Fiddlehead Cook-Along

Show off your cooking (and foraging!) skills for a chance to win prizes, including pots in the current seasonal glaze, Fiddlehead!

Our current seasonal glaze, Fiddlehead, invites you into the forest to slow down and experience the sensations around you. While the forest offers a meditative escape from the chaos of life around us, the kitchen is another space that many of us here at East Fork find comfort in - a place to bring the outside world in for nourishment and creativity.

For the month of June, we will be cooking meals from some of our favorite Fiddlehead cookbooks and we want you to cook with us.

Follow along as Cherry, East Fork’s Food Systems Manager and contest judge, demonstrates a few recipes on Instagram and on the blog. If you’re feeling inspired, we encourage you to explore what your local area has to offer and (safely*) forage ingredients if they are available to you!

The rules are simple:

1. Follow East Fork on IG (@eastforkpottery)
2. Cook something from one of our 4 seasonal cookbooks listed below (or try one of the recipes from our journal!)
3. Post a picture of it by June 30th (bonus points if you add in a pop of green space - the forest, a yard, fresh sprigs from the garden, the more creative the better!) Be sure to use #EastForkCookAlong and tag @eastforkpottery

Prizes

1st Prize - Fiddlehead Serving Set + Taste of Truffles set
2nd Prize - 3 piece Dinner Set + Six Seasons Cookbook
3rd Prize - Fiddlehead Mug + Brew Basket

Our team will select the winners after reviewing all of the submissions the first week of July. Best of luck and may the most creative chef win!

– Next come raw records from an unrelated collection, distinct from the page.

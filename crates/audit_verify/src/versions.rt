//! Whether each version fits its table, and those of one key follow one another.

ghost use Rattle.std.specs.Prelude.{◌≡◌, flat_map, IfOk, None};
ghost use Rattle.std.specs.List.{All, AllByRecursion};
ghost use Rattle.spec_model.specs.Checks.{is_append_only};
ghost use Rattle.law_catalog_rows.specs.Least.{least, least_from};
ghost use Rattle.spec_verify.specs.Entries.{id_fault, table_event_cmp};
ghost use Rattle.spec_rules.specs.Rows.{CatalogRows};
ghost use Rattle.spec_verify.specs.Rules as rules;
ghost use Rattle.audit_rules.specs.Times.{AreTimes};
ghost use Rattle.audit_verify.specs.Order.{AreStarted, IsRanked};
ghost use Rattle.audit_roots.specs.ImageTable.{AreImageTables, table_of};
ghost use Rattle.audit_verify.specs.Versions.{faulty_versions, fits_alone, null_among, unfit_among};

use crate::least::{TableEvent, event_place, lesser};
use crate::order::{VersionWithRanks, least_wrong, ranked_versions, sort_in_runs};
use audit_columns::{ColumnRows, has_columns};
use audit_definitions::base_at;
use audit_roots::ImageTable;
use audit_rules::{TableTimes, Times};
use base_types::Memory;
use format_image::Image;
use spec_verify::Place;
use sql_parts::{KeyedTable, key_places};
use sql_types::{TableDef, Version};
use sql_value::TableKind;
use std::alloc::Global;

/// The start of the least version that its table may not have or that breaks a rule of changes, where each start has
/// its entry. Sorts the ids of the entries, the rows of the table of columns by column and start, what the rows of the
/// system tables say, and the versions of each table by key and start, and goes through them once, with two ordered
/// searches for each value of theirs.
pub(crate) fn row_fault(
    alloc: Global,
    image: &Image,
    tables: &[ImageTable],
) -> Result<Option<Place>, Memory>
    requires tables { AreImageTables tables.now image.now }
    requires ids { id_fault image.now ≡ None }
    ensures { IfOk result (λ place. place ≡ rules.row_fault image.now) }
{
    let columns = ColumnRows::of(alloc, image)?;
    let times = times_of(alloc, &columns, image)?;
    let worst = least_invalid_version(alloc, &columns, &times, tables)?;
    Ok(event_place(worst))
}

/// When tables were created and dropped, and columns dropped, by the rows of the image.
pub(crate) fn times_of(alloc: Global, columns: &ColumnRows, image: &Image) -> Result<Times, Memory>
    requires { columns.now.0 ≡ image.now.entries }
    ensures { IfOk result (λ times. AreTimes (rules.rows_of_image image.now) times) }
{
    Times::of(
        alloc,
        columns.positions(),
        base_at(image, 0),
        base_at(image, 1),
    )
}

/// The start of the least version that its table may not have or that breaks a rule of changes, if there is one.
pub(crate) fn least_invalid_version(
    alloc: Global,
    columns: &ColumnRows,
    times: &Times,
    tables: &[ImageTable],
) -> Result<Option<TableEvent>, Memory>
    requires { All (AreStarted columns.now.0) tables.now }
    ensures { IfOk result (λ worst. (rows : CatalogRows) → AreTimes rows times.now → worst
        ≡ least table_event_cmp
        (flat_map (λ t. faulty_versions columns.now.0 columns.now.1 rows (table_of t)) tables.now)) }
{
    let mut worst = None;
    for table in tables {
        worst = worst_in(alloc, columns, times, table, worst)?;
    }
    Ok(worst)
}

fn worst_in(
    alloc: Global,
    columns: &ColumnRows,
    times: &Times,
    table: &ImageTable,
    worst: Option<TableEvent>,
) -> Result<Option<TableEvent>, Memory>
    requires { AreStarted columns.now.0 table.now }
    ensures { IfOk result (λ least. (rows : CatalogRows) → AreTimes rows times.now → least
        ≡ least_from table_event_cmp worst
        (faulty_versions columns.now.0 columns.now.1 rows (table_of table.now))) }
{
    let rows = table.rows;
    let worst = worst_alone(table.def, rows.base.as_slice(), worst);
    let worst = worst_alone(table.def, rows.history.as_slice(), worst);
    let key = key_places(alloc, table.def.columns.as_slice())?;
    let keyed = KeyedTable::new(table.def, &key);
    let mut ranked = ranked_versions(alloc, columns.positions(), &keyed, rows)?;
    let worst = worst_null(columns, table.def, &ranked, worst);
    sort_in_runs(&keyed, &mut ranked)?;
    let table_times = TableTimes::of(times, table.def.id);
    Ok(least_wrong(&keyed, &table_times, &ranked, worst))
}

/// The least start so far, and of those of these versions that don't fit the table by themselves.
fn worst_alone(
    def: &TableDef,
    versions: &[Version],
    worst: Option<TableEvent>,
) -> Option<TableEvent>
    ensures { result ≡ least_from table_event_cmp worst (unfit_among def.now versions.now) }
{
    let mut worst = worst;
    for version in versions {
        if !fits_alone(def, version) {
            worst = lesser(worst, (def.id, version.start));
        }
    }
    worst
}

/// The least start so far, and of those of these versions in which NULL stands where it may not.
fn worst_null(
    columns: &ColumnRows,
    def: &TableDef,
    ranked: &[VersionWithRanks],
    worst: Option<TableEvent>,
) -> Option<TableEvent>
    requires { AllByRecursion (IsRanked columns.now.0) ranked.now }
    ensures { result ≡ least_from table_event_cmp worst
        (null_among columns.now.0 columns.now.1 def.now ranked.now) }
{
    let mut worst = worst;
    for row in ranked {
        if !columns.respects_columns(def, row.version, row.start) {
            worst = lesser(worst, (def.id, row.version.start));
        }
    }
    worst
}

fn fits_alone(def: &TableDef, version: &Version) -> bool
    ensures { result ≡ fits_alone def.now version.now }
{
    let columns = def.columns.as_slice();
    let values = version.values.as_slice();
    has_columns(columns, values) && !(is_append_only(def.kind) && version.end.is_some())
}

fn is_append_only(kind: TableKind) -> bool
    ensures { result ≡ is_append_only kind }
{
    match kind {
        TableKind::AppendOnly => true,
        TableKind::Updatable => false,
    }
}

Looking for inspiration? Try one of these recipes:

"Herbed" Butter with Warm Bread
Charred Broccoli with Tonatto, Pecorino, Lemon and ChilesRigatoni and Eggplant alla NormaWild Greens Preboggion from Alan BurgoSugar Basil Pound Cake from Thalia Ho

The New Wildcrafted Cuisine
Everything wild, from cheeses to vinegars, mustards, beer, soda and more are yours, in this book that author Pascal Baudar says can “fill a gap between foraging and cooking.”

Recipes from the Woods
Jean-François Mallet shows you how to approach cooking game and wild ingredients with great results, drawing out the flavors of the forest with a modern approach. Those who forage the grocery store instead of the woods will find myriad applications to their cooking, too.

Six Seasons
You’ll find other cookbooks that are structured around the seasons but this is the one that we return to, year after year. McFadden hopes readers find these recipes, made using what he calls mostly quite ordinary ingredients and methods, “delicious, even revelatory…but never fussy.”

The Forager Chef’s book of Flora
Chef Alan Bergo also shows you how to apply a forager chef’s approach to cooking the things you usually get at the grocery store: a nice bonus!

*Disclaimer: Always be 100% certain of the identification of anything you forage. Many edible plants, roots, mushrooms, etc. look a lot like others that are harmful if ingested. Likewise, wild aquatic life may not be safe to eat. Forage with an expert until you’re an expert yourself: that’s our advice. More disclaimers: Learn the rules about foraging on public and private lands, parks, etc. and any protected species that cannot by law be harvested before you set out. Take only what you intend to use, and don’t uproot a whole plant if you only plan to use the leaves. And finally, leave plenty behind: aim to take no more than 10% of whatever wild edible you happen upon.